Did you create a bootable DVD or USB installer? If not you'll need to boot into the network recovery mode and see if the installer sees your volume. If not, you'll need to boot into Target Disk Mode and connect to another Mac and see if you can get your info off of it (If you don't have a backup.) because you'll need to reformat the drive (So back Windows up too!).


----------



## querycat (Apr 16, 2013)

sinclair_tm said:


> Did you create a bootable DVD or USB installer? If not you'll need to boot into the network recovery mode and see if the installer sees your volume. If not, you'll need to boot into Target Disk Mode and connect to another Mac and see if you can get your info off of it (If you don't have a backup.) because you'll need to reformat the drive (So back Windows up too!).


This sounds like very useful information, but unfortunately I'm a windows tech and don't know a huge amount of Mac troubleshooting. I don't suppose you'll be able to link me some walkthroughs on your suggested approach?

Edit: I read over your post a few times and it sounds like you're suggesting a backup and format is necessary. Is that right?


----------



## querycat (Apr 16, 2013)

I should probably note i can see the entire Mac HD from my bootcamp. I can also see the EFI partition (although it's now empty) in Windows' Disk Management. 

Is it possible for me to download what's necessary and somehow install it onto the partition?


----------



## sinclair_tm (Mar 11, 2005)

I don't believe you can download and install what you need, that information will be unique to the Mac in question. As for how to do what I said, Apple's support site has all that info with a quick search. Most times it's on the front page already. But yes, you're fastest and easiest solution will be to backup everything, and then wipe the drive and reformat it.

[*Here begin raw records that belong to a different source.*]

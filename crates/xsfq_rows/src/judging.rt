//! Cases beside their runs: what differs is told, a line each.

ghost use Rattle.std.specs.Prelude.{◌≤◌};

use crate::cases::{Case, Wanted};
use crate::escapes::add_escaped;
use crate::trying::{Ran, run_with};
use crate::turns::are_told;
use anyhow::{Result, bail};
use sha2::{Digest, Sha256};
use std::alloc::Global;

/// How many runs are as wanted, and how many are not.
#[derive(Clone, Copy)]
pub(crate) struct Tally {
    pub(crate) passed: u64,
    pub(crate) failed: u64,
}

/// Whether an output is the wanted one: the whole of it, or its beginning, its end, its size and its digest.
fn is_wanted_output(output: &[u8], wanted: &Wanted) -> bool {
    if wanted.size.is_none() && wanted.digest.is_none() && wanted.end.is_empty() {
        return output == wanted.output.as_slice();
    }
    wanted.size.is_none_or(|size| size == output.len())
        && wanted
            .digest
            .is_none_or(|digest| digest == Sha256::digest(output))
        && output.starts_with(&wanted.output)
        && output.ends_with(&wanted.end)
}

/// Whether a run is as wanted. The output is flushed where a command was carried out, and behind the fault of a script.
fn is_wanted(ran: &Ran, wanted: &Wanted) -> bool {
    ran.code == wanted.code
        && is_wanted_output(ran.output.taken(), wanted)
        && ran.notes.taken() == wanted.note.as_slice()
        && ran.output.flushed() == (wanted.code == 0 || wanted.code == 6)
        && wanted.left.is_none_or(|left| left == ran.left)
}

/// A line that tells a code, an output and notes.
fn add_told(code: u8, output: &[u8], notes: &[u8], text: &mut String) -> Result<()> {
    write!(text, "code {code}, output ({} bytes) \"", output.len())?;
    add_escaped(output, text)?;
    text.push_str("\", note \"")?;
    add_escaped(notes, text)?;
    text.push_str("\"")?;
    Ok(())
}

/// A run of a case: the words of its command line, the whole input, and how many bytes a port moves at most in a call.
#[derive(Clone, Copy)]
struct Attempt<'a> {
    words: &'a [String],
    input: &'a [u8],
    step: usize,
}

/// The beginning of a line on a run.
fn begun_line(alloc: Global, case: &Case, attempt: Attempt<'_>) -> Result<String> {
    let mut text = format!(in alloc; "{}: `", case.name)?;
    for word in attempt.words {
        text.push_str(word)?;
        text.push_str(" ")?;
    }
    write!(text, "` in pieces of {}: ", attempt.step)?;
    Ok(text)
}

/// A line that tells what was wanted and what came.
fn difference(alloc: Global, case: &Case, attempt: Attempt<'_>, ran: &Ran) -> Result<String> {
    let mut text = begun_line(alloc, case, attempt)?;
    let wanted = &case.wanted;
    text.push_str("wanted ")?;
    add_told(wanted.code, &wanted.output, &wanted.note, &mut text)?;
    text.push_str("; came ")?;
    add_told(ran.code, ran.output.taken(), ran.notes.taken(), &mut text)?;
    if !ran.output.flushed() {
        text.push_str(", not flushed")?;
    }
    write!(text, ", {} bytes not read", ran.left)?;
    Ok(text)
}

/// A line on the first kind of calls of which one that fails in its turn is not told, or whose number is another one.
fn wrong_turn(
    alloc: Global,
    case: &Case,
    attempt: Attempt<'_>,
    whole: &Ran,
) -> Result<Option<String>>
    requires { 1 ≤ attempt.step }
{
    for turns in &case.turns {
        if !are_told(
            alloc,
            attempt.words,
            attempt.input,
            attempt.step,
            *turns,
            whole,
        )? {
            let mut text = begun_line(alloc, case, attempt)?;
            text.push_str("calls that fail in their turn")?;
            return Ok(Some(text));
        }
    }
    Ok(None)
}

/// Makes a run, and answers the line that tells what differs.
fn judge_run(alloc: Global, case: &Case, attempt: Attempt<'_>) -> Result<(Ran, Option<String>)>
    requires { 1 ≤ attempt.step }
{
    let ran = run_with(
        alloc,
        attempt.words,
        attempt.input,
        attempt.step,
        &case.failing,
    )?;
    if !is_wanted(&ran, &case.wanted) {
        let line = difference(alloc, case, attempt, &ran)?;
        return Ok((ran, Some(line)));
    }
    let line = wrong_turn(alloc, case, attempt, &ran)?;
    Ok((ran, line))
}

/// What is counted, and the output of the run that was made last.
#[derive(Drop)]
struct Judge {
    tally: Tally,
    last: Vec<u8>,
}

impl Judge {
    /// Counts a run, and prints the line that tells what differs.
    fn count(&mut self, rt: &impl Print, line: Option<String>) -> Result<()> {
        match line {
            None => self.tally.passed = self.tally.passed.saturating_add(1),
            Some(line) => {
                self.tally.failed = self.tally.failed.saturating_add(1);
                println!(rt; "{line}")?;
            }
        }
        Ok(())
    }

    /// Makes the runs of a case with one command line, in pieces of each of its sizes.
    fn judge_command(
        &mut self,
        rt: &impl Print,
        alloc: Global,
        case: &Case,
        words: &[String],
        input: &[u8],
    ) -> Result<()> {
        let usual = [4096];
        let pieces = if case.pieces.is_empty() {
            usual.as_slice()
        } else {
            case.pieces.as_slice()
        };
        for piece in pieces {
            let step = usize::try_from(*piece).unwrap_or(usize::MAX);
            if step == 0 {
                bail!("{}: a piece has at least one byte", case.name);
            }
            let (ran, line) = judge_run(alloc, case, Attempt { words, input, step })?;
            self.count(rt, line)?;
            self.last = ran.output.taken().to_vec(alloc)?;
        }
        Ok(())
    }

    /// Makes the runs of a case.
    fn judge_case(&mut self, rt: &impl Print, alloc: Global, case: &Case) -> Result<()> {
        let input = input_of(alloc, case, &self.last)?;
        for words in &case.commands {
            self.judge_command(rt, alloc, case, words, &input)?;
        }
        Ok(())
    }
}

/// A text without so many of its last lines.
fn without_lines(text: &[u8], count: usize) -> &[u8] {
    let lines = text.iter().filter(|byte| **byte == b'\n').count();
    let mut kept = 0usize;
    for line in text
        .split_inclusive(|byte| *byte == b'\n')
        .take(lines.saturating_sub(count))
    {
        kept = kept.saturating_add(line.len());
    }
    text.get(..kept).unwrap_or(text)
}

/// The input of a case, where the run before wrote this.
fn input_of(alloc: Global, case: &Case, last: &[u8]) -> Result<Vec<u8>> {
    let mut input = Vec::new(alloc);
    if let Some(count) = case.piped {
        input.extend_from_slice(without_lines(last, count))?;
    }
    input.extend_from_slice(&case.input)?;
    Ok(input)
}

/// Makes the runs of all cases in their order.
pub(crate) fn judge_all(rt: &impl Print, alloc: Global, cases: &[Case]) -> Result<Tally> {
    let tally = Tally {
        passed: 0,
        failed: 0,
    };
    let last = Vec::new(alloc);
    let mut judge = Judge { tally, last };
    for case in cases {
        judge.judge_case(rt, alloc, case)?;
    }
    Ok(judge.tally)
}
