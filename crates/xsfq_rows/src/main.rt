//! The program of rows: it reads cases from standard input, each with words, an input and what is wanted of the run, and
//! calls `run` over ports in memory for each. It prints a line for each run that differs, and last how many passed.
//!
//! `cases/README.md` at the top tells the form of a case.
#![tactic(auto)]

mod cases;
mod escapes;
mod judging;
mod lines;
mod rows;
mod trying;
mod turns;

use std::io;
use std::process::ExitCode;

fn main(rt: HostRuntime) -> anyhow::Result<ExitCode> {
    let text = io::read_to_string(rt.alloc(), rt.stdin())?;
    let cases = rows::cases_of(rt.alloc(), &text)?;
    let tally = judging::judge_all(&rt, rt.alloc(), &cases)?;
    println!(rt; "{} passed, {} failed", tally.passed, tally.failed)?;
    Ok(if tally.failed == 0 {
        ExitCode::SUCCESS
    } else {
        ExitCode::FAILURE
    })
}
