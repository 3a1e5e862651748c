//! Runs in which each call of a port fails in its turn.

ghost use Rattle.std.specs.Prelude.{◌≤◌};

use crate::cases::{Call, Failing, Turns};
use crate::trying::{Ran, run_with};
use anyhow::Result;
use std::alloc::Global;

/// The call of this number and kind fails.
fn failing_call(alloc: Global, call: Call, number: u64) -> Result<Failing> {
    let mut failing = Failing::none(alloc);
    let numbers = match call {
        Call::Read => &mut failing.reads,
        Call::Write => &mut failing.writes,
        Call::Flush => &mut failing.flushes,
        Call::Note => &mut failing.notes,
    };
    numbers.push(number)?;
    Ok(failing)
}

/// Whether two runs came to the same.
fn are_same(one: &Ran, other: &Ran) -> bool {
    one.code == other.code
        && one.output.taken() == other.output.taken()
        && one.output.flushed() == other.output.flushed()
        && one.notes.taken() == other.notes.taken()
}

/// Whether a run tells that a call of this kind failed: by code 7 and nothing written, or by code 8 and a beginning of
/// what the whole run writes; a note that fails changes only the note.
fn is_told(call: Call, ran: &Ran, whole: &Ran) -> bool {
    let output = ran.output.taken();
    match call {
        Call::Read => ran.code == 7
            && ran.notes.taken() == b"read failed\n".as_slice()
            && output.len() == 0,
        Call::Write | Call::Flush => {
            ran.code == 8
                && ran.notes.taken() == b"write failed\n".as_slice()
                && whole.output.taken().starts_with(output)
                && !ran.output.flushed()
        }
        Call::Note => {
            ran.code == whole.code
                && output == whole.output.taken()
                && ran.output.flushed() == whole.output.flushed()
                && whole.notes.taken().starts_with(ran.notes.taken())
        }
    }
}

/// More calls than any case makes.
const MOST_CALLS: u64 = 1_000_000;

/// How many calls of a kind a run makes, each of which is told where it fails. There is none where one is not told.
fn told_calls(
    alloc: Global,
    words: &[String],
    input: &[u8],
    step: usize,
    call: Call,
    whole: &Ran,
) -> Result<Option<u64>>
    requires { 1 ≤ step }
{
    for number in 0..MOST_CALLS {
        let failing = failing_call(alloc, call, number)?;
        let ran = run_with(alloc, words, input, step, &failing)?;
        if are_same(&ran, whole) {
            return Ok(Some(number));
        }
        if !is_told(call, &ran, whole) {
            return Ok(None);
        }
    }
    Ok(None)
}

/// Whether each of the calls is told where it fails, and as many are made as the turns say, or else at least one.
pub(crate) fn are_told(
    alloc: Global,
    words: &[String],
    input: &[u8],
    step: usize,
    turns: Turns,
    whole: &Ran,
) -> Result<bool>
    requires { 1 ≤ step }
{
    let calls = told_calls(alloc, words, input, step, turns.call, whole)?;
    Ok(match turns.count {
        Some(count) => calls == Some(count),
        None => calls.is_some_and(|calls| calls > 0),
    })
}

How are you trying to get back to the Mac partition? I'm surprised it's booting into Windows.

EDIT:

I started remembering something and checked online, the EFI partition isn't required to boot into OS X. It is a space for updating the firmware of the Mac. So it is normally blank. This goes back to how are you trying to get it to boot into OS X?


----------



## querycat (Apr 16, 2013)

sinclair_tm said:


> I don't believe you can download and install what you need, that information will be unique to the Mac in question. As for how to do what I said, Apple's support site has all that info with a quick search. Most times it's on the front page already. But yes, you're fastest and easiest solution will be to backup everything, and then wipe the drive and reformat it.
> 
> How are you trying to get back to the Mac partition? I'm surprised it's booting into Windows.
> 
> ...


Hi again,
I'm trying to boot into OSX by holding alt/option while it's starting up. Only Windows is visible. Like i said all my files are still on the Mac HD partition, so i find it odd that i can't boot into it

Thanks for your assistance


----------



## sinclair_tm (Mar 11, 2005)

When booted into Windows, open the Boot Camp control panel. Now select the OS X volume from there, and click reboot and see if it goes to OS X. You can also try holding down the X key when you turn it on and see if it goes to OS X.


----------



## querycat (Apr 16, 2013)

i tried both of the suggestions and both of them just reverted to boot windows :/

i was so hopeful they'd work :'(


----------



## sinclair_tm (Mar 11, 2005)

Look on Apple's support website to see how to network boot your Mac. Once it's booted into the OS installer, select your language, and then you should get a menu bar at the top. Select Startup disk under Utilities and see if the Mac OS shows up there. If it does, select it then hit restart. If it doesn't, close that window and select Disk Utility from the Utility menu. Now select the OS X partition and do a repair. Keep repairing it until it no longer fixes anything. Now quit Disk Utility and try Startup Disk again. If it still doesn't show up, you can try doing a repair of the OS X system from the installer. If a repair doesn't work, you can install the OS and keep user files. It'll move the old OS to a different folder.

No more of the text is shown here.